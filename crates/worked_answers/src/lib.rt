// Worked cases of the search, of tails and of the answers about queues.
#![tactic(auto)]

#[cfg(test)]
mod calls;
#[cfg(test)]
mod cover_sets;
#[cfg(test)]
mod good_queues;
#[cfg(test)]
mod good_queues_as_bits;
#[cfg(test)]
mod key_words;
#[cfg(test)]
mod longest_runs;
#[cfg(test)]
mod questions;
#[cfg(test)]
mod searches;
#[cfg(test)]
mod small_fields;
#[cfg(test)]
mod solutions_as_numbers;
#[cfg(test)]
mod tail_sets;
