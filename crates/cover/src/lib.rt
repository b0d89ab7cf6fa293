// The verdict: whether every course is accepted, or one that is not. The call takes any numbers and any lent slices, and says in its
// contract what it answers and what every lent slice holds afterwards.
#![tactic(auto)]

mod answer;
mod pairs;
mod tables;
mod words;

ghost use Rattle.closing.specs.Lent.{sets_lent, profiles_lent, SameSets, SameProfiles};
ghost use Rattle.cover.specs.Verdicts.{GivesVerdict};

pub use answer::Answer;
use closing::{ProfileMemory, Refused, SetMemory, close};
use model::Model;
use tables::{Profiles, Sets};

// Closes a model as `close` does and gives the verdict; where it is "uncovered", u and v go to the word memory. Takes any model, any slices
// and any memory.
pub fn verdict(
    m: Model,
    arrows: &[u64],
    sets: &mut SetMemory,
    profiles: &mut ProfileMemory,
    memory: &mut [u8],
) -> Result<Answer, Refused>
    ensures verdict { GivesVerdict m arrows.now (sets_lent sets.old) (sets_lent sets.new)
        (profiles_lent profiles.old) (profiles_lent profiles.new) memory.old memory.new result }
    ensures same_sets { SameSets sets.new sets.old }
    ensures same_profiles { SameProfiles profiles.new profiles.old }
{
    let complete = close(m, arrows, sets, profiles)?;
    let sets = Sets::stored(sets, complete.sets);
    let profiles = Profiles::stored(profiles, complete.profiles);
    answer::conclude(sets, profiles, memory)
}
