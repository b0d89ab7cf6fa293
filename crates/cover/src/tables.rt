// Complete tables, as parts of slices that hold nothing else.
ghost use Rattle.std.specs.Prelude.{ℕ, ◌≡◌, ◌≤◌, length, take};
ghost use Rattle.laws.specs.Model.{eight};
ghost use Rattle.closing.specs.Memory.{SetsLent, ProfilesLent};
ghost use Rattle.cover.specs.WordMemory.{Linked};

use closing::{ProfileMemory, SetMemory};

// What the words of a table's entries are rebuilt from: for each entry its predecessor's number and its last event.
#[derive(Clone, Copy)]
pub struct Links<'a> {
    pub from: &'a [u16],
    pub event: &'a [u8],
    ghost linked: { Linked from.now event.now },
}

// The sets, within their limit.
#[derive(Clone, Copy)]
pub struct Sets<'a> {
    pub masks: &'a [u8],
    pub links: Links<'a>,
    ghost places: { length links.from.now ≡ length masks.now },
    ghost few: { length masks.now ≤ eight.sets },
}

impl<'s> Sets<'s> {
    ghost use Rattle.closing.specs.Lent.{sets_lent};
    ghost use Rattle.cover.specs.Tables.{sets_viewed, first_sets};

    // Those in the first places of lent slices.
    pub(crate) fn stored(lent: &'s SetMemory, count: usize) -> Sets<'s>
        requires there { (room : ℕ) × SetsLent (sets_lent lent.now) count room }
        requires linked { Linked (take count lent.now.from.now) (take count lent.now.event.now) }
        ensures { sets_viewed result ≡ first_sets count (sets_lent lent.now) }
    {
        let masks = &lent.masks[..count];
        let from = &lent.from[..count];
        let event = &lent.event[..count];
        Sets {
            masks,
            links: Links { from, event },
        }
    }
}

// The profiles, within theirs: so the letters of two words can be added up.
#[derive(Clone, Copy)]
pub struct Profiles<'a> {
    pub arrows: &'a [u64],
    pub marks: &'a [u64],
    pub links: Links<'a>,
    ghost places: { length links.from.now ≡ length arrows.now },
    ghost mark_places: { length marks.now ≡ length arrows.now },
    ghost few: { length arrows.now ≤ eight.profiles },
}

impl<'s> Profiles<'s> {
    ghost use Rattle.closing.specs.Lent.{profiles_lent};
    ghost use Rattle.cover.specs.Tables.{profiles_viewed, first_profiles};

    // Those in the first places of lent slices.
    pub(crate) fn stored(lent: &'s ProfileMemory, count: usize) -> Profiles<'s>
        requires there { (room : ℕ) × ProfilesLent (profiles_lent lent.now) count room }
        requires linked { Linked (take count lent.now.from.now) (take count lent.now.event.now) }
        ensures { profiles_viewed result ≡ first_profiles count (profiles_lent lent.now) }
    {
        let arrows = &lent.arrows[..count];
        let marks = &lent.marks[..count];
        let from = &lent.from[..count];
        let event = &lent.event[..count];
        Profiles {
            arrows,
            marks,
            links: Links { from, event },
        }
    }
}
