// The first pair of a set and a profile that rejects.
ghost use Rattle.cover.specs.Pairs.{First};

use crate::tables::{Profiles, Sets};
use profile::{Profile, is_rejecting};

// A set and a profile, by their numbers.
#[derive(Clone, Copy)]
pub struct Pair {
    pub set: usize,
    pub profile: usize,
}

// Goes through the sets, and for each through all profiles, and leaves both loops at the first pair that rejects.
#[tactic(auto, unfolding(crate::specs::Pairs::rejects))]
pub(crate) fn first(sets: Sets, profiles: Profiles) -> Option<Pair>
    ensures { First sets.entry.masks.now profiles.entry.arrows.now profiles.entry.marks.now result }
{
    let mut found = None;
    'search: for (i, &set) in sets.masks.iter().enumerate() {
        for (j, (&arrows, &marks)) in profiles.arrows.iter().zip(profiles.marks).enumerate() {
            if is_rejecting(set, Profile { arrows, marks }) {
                found = Some(Pair { set: i, profile: j });
                break 'search;
            }
        }
    }
    found
}
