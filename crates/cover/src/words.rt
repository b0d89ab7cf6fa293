// The least word of an entry, rebuilt through ever smaller entry numbers, and the words of a pair in the word memory.
ghost use Rattle.std.specs.Prelude.{◌<◌, ◌≤◌, ◌≡◌, length};
ghost use Rattle.cover.specs.WordMemory.{word_in, Places};

use crate::pairs::Pair;
use crate::tables::{Links, Profiles, Sets};
use closing::{NO_ENTRY, NO_EVENT};

// How many letters the word of entry i has.
#[tactic(auto, using(crate::proofs::Rebuilding::word_steps))]
fn count(links: &Links, i: usize) -> usize
    requires { i < length links.now.from.now }
    ensures { result ≡ length (word_in links.now.from.now links.now.event.now i) }
{
    let origin = links.from[i];
    if origin == NO_ENTRY {
        if links.event[i] == NO_EVENT {
            return 0;
        }
        return 1;
    }
    count(links, origin as usize) + 1
}

// Writes the word of entry i to a part that has exactly its length.
#[tactic(auto, using(crate::proofs::Rebuilding::word_steps))]
fn write(links: &Links, i: usize, out: &mut [u8])
    requires i_in_bounds { i < length links.now.from.now }
    requires out_len { length out.old ≡ length (word_in links.now.from.now links.now.event.now i) }
    ensures { out.new ≡ word_in links.now.from.now links.now.event.now i }
{
    let origin = links.from[i];
    if origin == NO_ENTRY {
        if links.event[i] == NO_EVENT {
            return;
        }
        out[0] = links.event[i];
        return;
    }
    let last = out.len() - 1;
    out[last] = links.event[i];
    write(links, origin as usize, &mut out[..last]);
}

// How many letters u and v have.
#[derive(Clone, Copy)]
pub struct Placed {
    pub u: usize,
    pub v: usize,
}

// Writes the word of the pair's set and behind it that of its profile, or nothing where they do not fit.
#[tactic(auto, using(crate::proofs::Rebuilding::word_steps), unfolding(laws::specs::Answers::over))]
pub(crate) fn place(sets: Sets, profiles: Profiles, pair: Pair, memory: &mut [u8]) -> Option<Placed>
    requires set_there { pair.set < length sets.masks.now }
    requires profile_there { pair.profile < length profiles.arrows.now }
    ensures { Places (word_in sets.entry.links.from.now sets.entry.links.event.now pair.set)
        (word_in profiles.entry.links.from.now profiles.entry.links.event.now pair.profile)
        memory.old memory.new result }
{
    let u = count(&sets.links, pair.set);
    let v = count(&profiles.links, pair.profile);
    if memory.len() < u + v {
        return None;
    }
    write(&sets.links, pair.set, &mut memory[..u]);
    write(&profiles.links, pair.profile, &mut memory[u..u + v]);
    Some(Placed { u, v })
}
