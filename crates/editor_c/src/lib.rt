// The exports for C, under the names that include/cover.h declares: each is the call of the crate editor, with its contract.
#![tactic(auto)]

ghost use Rattle.closing.specs.Memory.{set_memory, profile_memory};
ghost use Rattle.opposite.specs.Memory.{opposite_memory};
ghost use Rattle.editor.specs.Editor.{Exports, ExportsOpposite, ExportsCourse, ExportsReading};

use editor::{CoverCourse, CoverOpposite, CoverReading, CoverVerdict};

// The verdict, as `verdict` gives it.
#[unsafe(no_mangle)]
pub extern "C" fn cover_verdict(
    n: usize,
    k: usize,
    start: u8,
    home: u8,
    arrows: &[u64],
    set_masks: &mut [u8],
    set_from: &mut [u16],
    set_event: &mut [u8],
    profile_arrows: &mut [u64],
    profile_marks: &mut [u64],
    profile_from: &mut [u16],
    profile_event: &mut [u8],
    memory: &mut [u8],
) -> CoverVerdict
    ensures { Exports (record { n = n; k = k; start = start; home = home }) arrows.now
        (set_memory set_masks.old set_from.old set_event.old)
        (set_memory set_masks.new set_from.new set_event.new)
        (profile_memory profile_arrows.old profile_marks.old
        profile_from.old profile_event.old)
        (profile_memory profile_arrows.new profile_marks.new
        profile_from.new profile_event.new)
        memory.old memory.new
        result }
{
    editor::cover_verdict(
        n,
        k,
        start,
        home,
        arrows,
        set_masks,
        set_from,
        set_event,
        profile_arrows,
        profile_marks,
        profile_from,
        profile_event,
        memory,
    )
}

// The opposite, as `opposite` writes it.
#[unsafe(no_mangle)]
pub extern "C" fn cover_opposite(
    n: usize,
    k: usize,
    start: u8,
    home: u8,
    arrows: &[u64],
    set_masks: &mut [u8],
    set_from: &mut [u16],
    set_event: &mut [u8],
    profile_arrows: &mut [u64],
    profile_marks: &mut [u64],
    profile_from: &mut [u16],
    profile_event: &mut [u8],
    from: &mut [u16],
    event: &mut [u8],
    to: &mut [u16],
    flags: &mut [u8],
) -> CoverOpposite
    ensures { ExportsOpposite (record { n = n; k = k; start = start; home = home }) arrows.now
        (set_memory set_masks.old set_from.old set_event.old)
        (set_memory set_masks.new set_from.new set_event.new)
        (profile_memory profile_arrows.old profile_marks.old
        profile_from.old profile_event.old)
        (profile_memory profile_arrows.new profile_marks.new
        profile_from.new profile_event.new)
        (opposite_memory from.old event.old to.old flags.old)
        (opposite_memory from.new event.new to.new flags.new)
        result }
{
    editor::cover_opposite(
        n,
        k,
        start,
        home,
        arrows,
        set_masks,
        set_from,
        set_event,
        profile_arrows,
        profile_marks,
        profile_from,
        profile_event,
        from,
        event,
        to,
        flags,
    )
}

// One course, as `judge` judges it.
#[unsafe(no_mangle)]
pub extern "C" fn cover_course(
    n: usize,
    k: usize,
    start: u8,
    home: u8,
    arrows: &[u64],
    u: &[u8],
    v: &[u8],
) -> CoverCourse
    ensures { ExportsCourse (record { n = n; k = k; start = start; home = home }) arrows.now
        u.now v.now result }
{
    editor::cover_course(n, k, start, home, arrows, u, v)
}

// A model file, as `read` reads it.
#[unsafe(no_mangle)]
pub extern "C" fn cover_read(file: &[u8], arrows: &mut [u64]) -> CoverReading
    ensures { ExportsReading file.now arrows.old arrows.new result }
{
    editor::cover_read(file, arrows)
}
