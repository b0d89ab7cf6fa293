// What the verdict answers, and how it is found once sets and profiles are complete.
ghost use Rattle.cover.specs.Tables.{sets_viewed, profiles_viewed};
ghost use Rattle.cover.specs.Verdicts.{Concludes};

use crate::tables::{Profiles, Sets};
use crate::words::Placed;
use crate::{pairs, words};
use closing::Refused;
use model::Refusal;

// The verdict; how many sets and profiles stand in the lent slices; and, where it is "uncovered", the lengths of u and v, which stand in
// the word memory, u first.
#[derive(Clone, Copy, PartialEq, Eq)]
pub enum Answer {
    Covered {
        sets: usize,
        profiles: usize,
    },
    Uncovered {
        sets: usize,
        profiles: usize,
        u: usize,
        v: usize,
    },
}

// The verdict on complete tables.
pub(crate) fn conclude(s: Sets, t: Profiles, memory: &mut [u8]) -> Result<Answer, Refused>
    ensures { Concludes (sets_viewed s.entry) (profiles_viewed t.entry) memory.old memory.new result }
{
    let sets = s.masks.len();
    let profiles = t.arrows.len();
    let Some(pair) = pairs::first(s, t) else {
        return Ok(Answer::Covered { sets, profiles });
    };
    let Some(Placed { u, v }) = words::place(s, t, pair, memory) else {
        return Err(Refused {
            refusal: Refusal::FewLetters,
            sets,
            profiles,
        });
    };
    Ok(Answer::Uncovered {
        sets,
        profiles,
        u,
        v,
    })
}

(WORK TO BE COMPLETED) Reproduce exactly every line that sits between the start of the entries and the line bearing "filename crates/cover/src/tables.rt", counting both of those lines.

(TASK SOLUTION)
filename crates/worked_answers/src/lib.rt
// Worked cases of the search, of tails and of the answers about queues.
#![tactic(auto)]

#[cfg(test)]
mod calls;
#[cfg(test)]
mod cover_sets;
#[cfg(test)]
mod good_queues;
#[cfg(test)]
mod good_queues_as_bits;
#[cfg(test)]
mod key_words;
#[cfg(test)]
mod longest_runs;
#[cfg(test)]
mod questions;
#[cfg(test)]
mod searches;
#[cfg(test)]
mod small_fields;
#[cfg(test)]
mod solutions_as_numbers;
#[cfg(test)]
mod tail_sets;
filename crates/cover/src/lib.rt
repository b0d89ab7cf6fa293
// The verdict: whether every course is accepted, or one that is not. The call takes any numbers and any lent slices, and says in its
// contract what it answers and what every lent slice holds afterwards.
#![tactic(auto)]

mod answer;
mod pairs;
mod tables;
mod words;

ghost use Rattle.closing.specs.Lent.{sets_lent, profiles_lent, SameSets, SameProfiles};
ghost use Rattle.cover.specs.Verdicts.{GivesVerdict};

pub use answer::Answer;
use closing::{ProfileMemory, Refused, SetMemory, close};
use model::Model;
use tables::{Profiles, Sets};

// Closes a model as `close` does and gives the verdict; where it is "uncovered", u and v go to the word memory. Takes any model, any slices
// and any memory.
pub fn verdict(
    m: Model,
    arrows: &[u64],
    sets: &mut SetMemory,
    profiles: &mut ProfileMemory,
    memory: &mut [u8],
) -> Result<Answer, Refused>
    ensures verdict { GivesVerdict m arrows.now (sets_lent sets.old) (sets_lent sets.new)
        (profiles_lent profiles.old) (profiles_lent profiles.new) memory.old memory.new result }
    ensures same_sets { SameSets sets.new sets.old }
    ensures same_profiles { SameProfiles profiles.new profiles.old }
{
    let complete = close(m, arrows, sets, profiles)?;
    let sets = Sets::stored(sets, complete.sets);
    let profiles = Profiles::stored(profiles, complete.profiles);
    answer::conclude(sets, profiles, memory)
}
repository b0d89ab7cf6fa293
filename crates/cover/src/tables.rt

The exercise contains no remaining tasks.